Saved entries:
——
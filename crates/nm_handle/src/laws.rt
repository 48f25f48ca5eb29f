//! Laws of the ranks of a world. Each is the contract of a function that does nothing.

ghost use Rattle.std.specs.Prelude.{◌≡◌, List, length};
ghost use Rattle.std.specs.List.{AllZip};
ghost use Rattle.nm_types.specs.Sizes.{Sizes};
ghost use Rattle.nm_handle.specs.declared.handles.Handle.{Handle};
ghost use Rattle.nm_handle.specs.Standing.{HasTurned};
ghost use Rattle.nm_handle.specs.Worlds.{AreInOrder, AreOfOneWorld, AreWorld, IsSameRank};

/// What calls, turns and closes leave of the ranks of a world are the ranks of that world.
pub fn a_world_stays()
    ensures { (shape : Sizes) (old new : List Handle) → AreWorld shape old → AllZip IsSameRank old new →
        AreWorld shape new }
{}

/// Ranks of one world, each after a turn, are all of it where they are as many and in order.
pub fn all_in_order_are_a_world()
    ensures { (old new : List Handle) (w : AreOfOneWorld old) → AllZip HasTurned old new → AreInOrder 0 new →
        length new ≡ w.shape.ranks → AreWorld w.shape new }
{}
——
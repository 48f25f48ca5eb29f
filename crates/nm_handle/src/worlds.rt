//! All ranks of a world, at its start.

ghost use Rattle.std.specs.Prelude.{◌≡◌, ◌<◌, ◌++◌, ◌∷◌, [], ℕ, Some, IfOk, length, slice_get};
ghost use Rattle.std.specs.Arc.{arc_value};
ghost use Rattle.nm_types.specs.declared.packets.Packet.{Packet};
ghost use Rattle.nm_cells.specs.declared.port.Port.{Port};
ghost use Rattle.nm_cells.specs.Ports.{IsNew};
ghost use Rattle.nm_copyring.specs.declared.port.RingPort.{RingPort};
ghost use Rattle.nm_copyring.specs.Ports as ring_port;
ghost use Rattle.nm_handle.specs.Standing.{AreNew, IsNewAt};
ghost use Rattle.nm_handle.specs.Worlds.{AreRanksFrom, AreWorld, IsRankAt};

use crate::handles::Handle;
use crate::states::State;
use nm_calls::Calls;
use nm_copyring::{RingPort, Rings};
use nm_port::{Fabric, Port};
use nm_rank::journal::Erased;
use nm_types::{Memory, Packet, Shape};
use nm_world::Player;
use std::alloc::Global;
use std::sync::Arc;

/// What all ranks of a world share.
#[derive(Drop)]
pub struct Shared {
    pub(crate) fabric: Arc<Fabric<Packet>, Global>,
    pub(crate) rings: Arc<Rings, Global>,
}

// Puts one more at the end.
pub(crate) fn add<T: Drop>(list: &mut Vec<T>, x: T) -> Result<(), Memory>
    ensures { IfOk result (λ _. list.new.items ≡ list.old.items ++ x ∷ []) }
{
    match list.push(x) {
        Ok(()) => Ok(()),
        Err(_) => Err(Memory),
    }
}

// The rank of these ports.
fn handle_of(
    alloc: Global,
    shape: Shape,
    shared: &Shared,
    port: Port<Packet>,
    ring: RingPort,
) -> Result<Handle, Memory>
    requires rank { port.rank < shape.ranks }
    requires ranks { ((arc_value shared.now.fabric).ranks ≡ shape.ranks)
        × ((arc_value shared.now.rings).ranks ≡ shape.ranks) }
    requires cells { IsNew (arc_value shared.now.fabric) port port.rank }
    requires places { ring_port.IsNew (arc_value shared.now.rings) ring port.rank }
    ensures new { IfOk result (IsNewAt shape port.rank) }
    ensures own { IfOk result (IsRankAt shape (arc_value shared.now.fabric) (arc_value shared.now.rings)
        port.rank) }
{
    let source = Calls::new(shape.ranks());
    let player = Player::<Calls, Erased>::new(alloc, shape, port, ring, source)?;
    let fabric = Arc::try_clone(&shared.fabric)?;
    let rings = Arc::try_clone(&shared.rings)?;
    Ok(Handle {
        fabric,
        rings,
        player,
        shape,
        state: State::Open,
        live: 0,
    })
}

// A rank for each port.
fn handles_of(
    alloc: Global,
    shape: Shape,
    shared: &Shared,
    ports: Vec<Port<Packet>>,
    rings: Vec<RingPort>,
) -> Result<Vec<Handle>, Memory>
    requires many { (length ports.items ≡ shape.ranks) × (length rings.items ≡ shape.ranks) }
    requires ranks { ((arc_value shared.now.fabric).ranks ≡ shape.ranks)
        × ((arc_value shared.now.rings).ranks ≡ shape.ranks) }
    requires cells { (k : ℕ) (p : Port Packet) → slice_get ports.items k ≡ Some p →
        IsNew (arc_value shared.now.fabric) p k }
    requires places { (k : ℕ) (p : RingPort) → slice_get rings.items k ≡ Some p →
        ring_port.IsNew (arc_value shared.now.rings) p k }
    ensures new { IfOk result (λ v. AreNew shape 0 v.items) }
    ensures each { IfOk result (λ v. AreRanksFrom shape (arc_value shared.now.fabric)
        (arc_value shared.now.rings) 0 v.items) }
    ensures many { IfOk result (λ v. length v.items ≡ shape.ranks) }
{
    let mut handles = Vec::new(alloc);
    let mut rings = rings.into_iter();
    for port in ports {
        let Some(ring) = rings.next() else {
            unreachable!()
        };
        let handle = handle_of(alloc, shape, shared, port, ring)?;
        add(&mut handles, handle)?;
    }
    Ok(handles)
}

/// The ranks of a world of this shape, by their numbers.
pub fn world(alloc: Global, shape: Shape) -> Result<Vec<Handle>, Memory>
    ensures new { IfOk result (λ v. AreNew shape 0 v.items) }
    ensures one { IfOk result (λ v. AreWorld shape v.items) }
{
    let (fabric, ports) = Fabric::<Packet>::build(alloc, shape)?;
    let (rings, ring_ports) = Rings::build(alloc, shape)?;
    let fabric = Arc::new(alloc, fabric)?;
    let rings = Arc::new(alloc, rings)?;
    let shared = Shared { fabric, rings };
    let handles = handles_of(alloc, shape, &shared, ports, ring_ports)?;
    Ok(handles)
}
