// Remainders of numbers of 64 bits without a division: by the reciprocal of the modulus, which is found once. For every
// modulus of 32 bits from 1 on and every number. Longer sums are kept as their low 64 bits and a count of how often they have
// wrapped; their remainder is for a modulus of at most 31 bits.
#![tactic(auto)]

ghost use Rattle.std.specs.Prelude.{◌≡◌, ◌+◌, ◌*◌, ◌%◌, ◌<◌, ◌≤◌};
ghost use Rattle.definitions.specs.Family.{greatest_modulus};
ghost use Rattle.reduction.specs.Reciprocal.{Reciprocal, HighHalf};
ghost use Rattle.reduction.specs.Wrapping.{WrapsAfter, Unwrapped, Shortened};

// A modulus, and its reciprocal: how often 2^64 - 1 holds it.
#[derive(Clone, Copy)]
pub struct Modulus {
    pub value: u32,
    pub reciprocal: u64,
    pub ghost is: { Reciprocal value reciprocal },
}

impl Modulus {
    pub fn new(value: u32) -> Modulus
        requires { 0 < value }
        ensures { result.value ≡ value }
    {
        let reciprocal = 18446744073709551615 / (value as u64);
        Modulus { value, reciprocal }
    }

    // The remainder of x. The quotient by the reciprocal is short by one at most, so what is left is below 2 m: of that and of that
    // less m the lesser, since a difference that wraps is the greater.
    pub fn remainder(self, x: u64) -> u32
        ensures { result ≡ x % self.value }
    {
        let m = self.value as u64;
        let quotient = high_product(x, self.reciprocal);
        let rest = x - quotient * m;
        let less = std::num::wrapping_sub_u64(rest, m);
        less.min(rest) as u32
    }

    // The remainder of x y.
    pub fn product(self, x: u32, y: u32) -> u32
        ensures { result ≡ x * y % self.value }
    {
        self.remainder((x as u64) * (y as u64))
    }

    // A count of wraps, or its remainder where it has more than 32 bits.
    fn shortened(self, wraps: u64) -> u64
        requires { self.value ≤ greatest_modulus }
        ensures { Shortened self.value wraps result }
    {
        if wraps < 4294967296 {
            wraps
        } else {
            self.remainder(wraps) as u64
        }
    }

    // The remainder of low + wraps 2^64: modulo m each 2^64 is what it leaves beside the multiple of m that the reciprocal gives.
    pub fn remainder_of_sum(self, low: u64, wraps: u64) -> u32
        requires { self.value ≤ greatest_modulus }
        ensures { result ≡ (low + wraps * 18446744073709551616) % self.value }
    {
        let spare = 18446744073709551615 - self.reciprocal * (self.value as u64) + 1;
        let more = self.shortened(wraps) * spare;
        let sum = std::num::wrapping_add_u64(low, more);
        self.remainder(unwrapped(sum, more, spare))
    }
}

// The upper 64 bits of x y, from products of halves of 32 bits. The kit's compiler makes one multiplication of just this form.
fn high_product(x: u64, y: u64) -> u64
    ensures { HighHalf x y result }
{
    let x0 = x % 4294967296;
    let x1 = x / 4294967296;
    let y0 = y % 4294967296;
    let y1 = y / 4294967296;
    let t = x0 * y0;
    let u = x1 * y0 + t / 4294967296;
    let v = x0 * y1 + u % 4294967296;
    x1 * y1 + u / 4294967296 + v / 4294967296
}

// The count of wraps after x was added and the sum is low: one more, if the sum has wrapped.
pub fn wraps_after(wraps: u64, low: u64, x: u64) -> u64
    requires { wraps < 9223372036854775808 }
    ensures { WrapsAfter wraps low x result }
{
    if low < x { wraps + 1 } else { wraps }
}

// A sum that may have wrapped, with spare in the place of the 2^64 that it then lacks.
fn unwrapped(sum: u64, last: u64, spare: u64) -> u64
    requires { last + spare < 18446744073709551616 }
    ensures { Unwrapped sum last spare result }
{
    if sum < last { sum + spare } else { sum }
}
——
__Exercise goal__:
For each line in the entries that holds "State", return that line.

__Output for this exercise__:
use crate::states::State;
        state: State::Open,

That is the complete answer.